— Study material —

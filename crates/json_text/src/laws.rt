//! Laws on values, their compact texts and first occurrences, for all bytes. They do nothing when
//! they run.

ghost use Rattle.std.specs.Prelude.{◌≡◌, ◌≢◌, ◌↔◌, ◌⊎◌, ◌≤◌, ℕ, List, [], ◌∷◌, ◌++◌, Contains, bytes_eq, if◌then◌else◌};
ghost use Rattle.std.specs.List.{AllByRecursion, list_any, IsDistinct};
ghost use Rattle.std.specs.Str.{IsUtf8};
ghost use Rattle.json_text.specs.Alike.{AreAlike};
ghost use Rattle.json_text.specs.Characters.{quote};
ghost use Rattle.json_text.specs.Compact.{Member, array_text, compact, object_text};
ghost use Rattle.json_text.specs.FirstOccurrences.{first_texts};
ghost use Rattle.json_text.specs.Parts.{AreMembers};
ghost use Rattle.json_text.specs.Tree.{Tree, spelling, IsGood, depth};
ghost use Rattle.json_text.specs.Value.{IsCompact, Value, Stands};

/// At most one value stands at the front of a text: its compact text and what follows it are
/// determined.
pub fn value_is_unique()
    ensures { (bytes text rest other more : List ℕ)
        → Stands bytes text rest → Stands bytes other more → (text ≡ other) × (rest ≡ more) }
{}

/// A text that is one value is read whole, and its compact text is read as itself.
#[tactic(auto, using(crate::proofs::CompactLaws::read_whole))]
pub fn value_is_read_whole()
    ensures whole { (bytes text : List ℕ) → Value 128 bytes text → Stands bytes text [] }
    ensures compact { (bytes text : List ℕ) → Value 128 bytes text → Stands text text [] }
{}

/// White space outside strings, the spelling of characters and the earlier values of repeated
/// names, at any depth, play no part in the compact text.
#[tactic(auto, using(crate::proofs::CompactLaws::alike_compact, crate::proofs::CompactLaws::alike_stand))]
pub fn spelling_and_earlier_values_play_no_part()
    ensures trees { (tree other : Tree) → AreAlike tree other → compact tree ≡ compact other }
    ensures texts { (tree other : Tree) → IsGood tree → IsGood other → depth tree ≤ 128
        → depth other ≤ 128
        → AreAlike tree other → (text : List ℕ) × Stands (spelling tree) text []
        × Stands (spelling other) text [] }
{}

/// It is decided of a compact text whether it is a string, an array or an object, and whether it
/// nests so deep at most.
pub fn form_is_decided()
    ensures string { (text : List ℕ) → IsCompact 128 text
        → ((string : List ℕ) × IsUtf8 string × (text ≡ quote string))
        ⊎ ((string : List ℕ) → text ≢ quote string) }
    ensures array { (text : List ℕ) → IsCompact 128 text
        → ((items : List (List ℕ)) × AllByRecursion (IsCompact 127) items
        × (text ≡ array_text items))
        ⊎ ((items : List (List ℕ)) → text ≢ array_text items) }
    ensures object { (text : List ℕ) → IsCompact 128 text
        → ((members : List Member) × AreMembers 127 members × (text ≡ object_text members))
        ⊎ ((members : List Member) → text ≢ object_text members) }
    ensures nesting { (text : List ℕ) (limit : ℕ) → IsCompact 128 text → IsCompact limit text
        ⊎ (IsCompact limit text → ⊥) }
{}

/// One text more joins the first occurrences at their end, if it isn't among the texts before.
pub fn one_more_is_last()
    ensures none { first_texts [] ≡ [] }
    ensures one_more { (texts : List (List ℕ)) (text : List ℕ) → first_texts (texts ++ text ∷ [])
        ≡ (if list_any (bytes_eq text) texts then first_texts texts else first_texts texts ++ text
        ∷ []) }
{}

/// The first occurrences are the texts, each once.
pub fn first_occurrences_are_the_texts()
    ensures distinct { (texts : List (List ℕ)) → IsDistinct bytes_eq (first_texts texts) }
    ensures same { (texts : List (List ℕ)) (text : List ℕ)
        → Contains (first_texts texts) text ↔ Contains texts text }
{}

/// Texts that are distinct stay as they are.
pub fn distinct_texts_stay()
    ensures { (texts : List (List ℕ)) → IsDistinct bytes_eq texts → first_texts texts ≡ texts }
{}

— Goal of the exercise —
Your answer should contain every entry, transcribed exactly.

— Answer —
filename crates/json_text/src/laws.rt
//! Laws on values, their compact texts and first occurrences, for all bytes. They do nothing when
//! they run.

ghost use Rattle.std.specs.Prelude.{◌≡◌, ◌≢◌, ◌↔◌, ◌⊎◌, ◌≤◌, ℕ, List, [], ◌∷◌, ◌++◌, Contains, bytes_eq, if◌then◌else◌};
ghost use Rattle.std.specs.List.{AllByRecursion, list_any, IsDistinct};
ghost use Rattle.std.specs.Str.{IsUtf8};
ghost use Rattle.json_text.specs.Alike.{AreAlike};
ghost use Rattle.json_text.specs.Characters.{quote};
ghost use Rattle.json_text.specs.Compact.{Member, array_text, compact, object_text};
ghost use Rattle.json_text.specs.FirstOccurrences.{first_texts};
ghost use Rattle.json_text.specs.Parts.{AreMembers};
ghost use Rattle.json_text.specs.Tree.{Tree, spelling, IsGood, depth};
ghost use Rattle.json_text.specs.Value.{IsCompact, Value, Stands};

/// At most one value stands at the front of a text: its compact text and what follows it are
/// determined.
pub fn value_is_unique()
    ensures { (bytes text rest other more : List ℕ)
        → Stands bytes text rest → Stands bytes other more → (text ≡ other) × (rest ≡ more) }
{}

/// A text that is one value is read whole, and its compact text is read as itself.
#[tactic(auto, using(crate::proofs::CompactLaws::read_whole))]
pub fn value_is_read_whole()
    ensures whole { (bytes text : List ℕ) → Value 128 bytes text → Stands bytes text [] }
    ensures compact { (bytes text : List ℕ) → Value 128 bytes text → Stands text text [] }
{}

/// White space outside strings, the spelling of characters and the earlier values of repeated
/// names, at any depth, play no part in the compact text.
#[tactic(auto, using(crate::proofs::CompactLaws::alike_compact, crate::proofs::CompactLaws::alike_stand))]
pub fn spelling_and_earlier_values_play_no_part()
    ensures trees { (tree other : Tree) → AreAlike tree other → compact tree ≡ compact other }
    ensures texts { (tree other : Tree) → IsGood tree → IsGood other → depth tree ≤ 128
        → depth other ≤ 128
        → AreAlike tree other → (text : List ℕ) × Stands (spelling tree) text []
        × Stands (spelling other) text [] }
{}

/// It is decided of a compact text whether it is a string, an array or an object, and whether it
/// nests so deep at most.
pub fn form_is_decided()
    ensures string { (text : List ℕ) → IsCompact 128 text
        → ((string : List ℕ) × IsUtf8 string × (text ≡ quote string))
        ⊎ ((string : List ℕ) → text ≢ quote string) }
    ensures array { (text : List ℕ) → IsCompact 128 text
        → ((items : List (List ℕ)) × AllByRecursion (IsCompact 127) items
        × (text ≡ array_text items))
        ⊎ ((items : List (List ℕ)) → text ≢ array_text items) }
    ensures object { (text : List ℕ) → IsCompact 128 text
        → ((members : List Member) × AreMembers 127 members × (text ≡ object_text members))
        ⊎ ((members : List Member) → text ≢ object_text members) }
    ensures nesting { (text : List ℕ) (limit : ℕ) → IsCompact 128 text → IsCompact limit text
        ⊎ (IsCompact limit text → ⊥) }
{}

/// One text more joins the first occurrences at their end, if it isn't among the texts before.
pub fn one_more_is_last()
    ensures none { first_texts [] ≡ [] }
    ensures one_more { (texts : List (List ℕ)) (text : List ℕ) → first_texts (texts ++ text ∷ [])
        ≡ (if list_any (bytes_eq text) texts then first_texts texts else first_texts texts ++ text
        ∷ []) }
{}

/// The first occurrences are the texts, each once.
pub fn first_occurrences_are_the_texts()
    ensures distinct { (texts : List (List ℕ)) → IsDistinct bytes_eq (first_texts texts) }
    ensures same { (texts : List (List ℕ)) (text : List ℕ)
        → Contains (first_texts texts) text ↔ Contains texts text }
{}

/// Texts that are distinct stay as they are.
pub fn distinct_texts_stay()
    ensures { (texts : List (List ℕ)) → IsDistinct bytes_eq texts → first_texts texts ≡ texts }
{}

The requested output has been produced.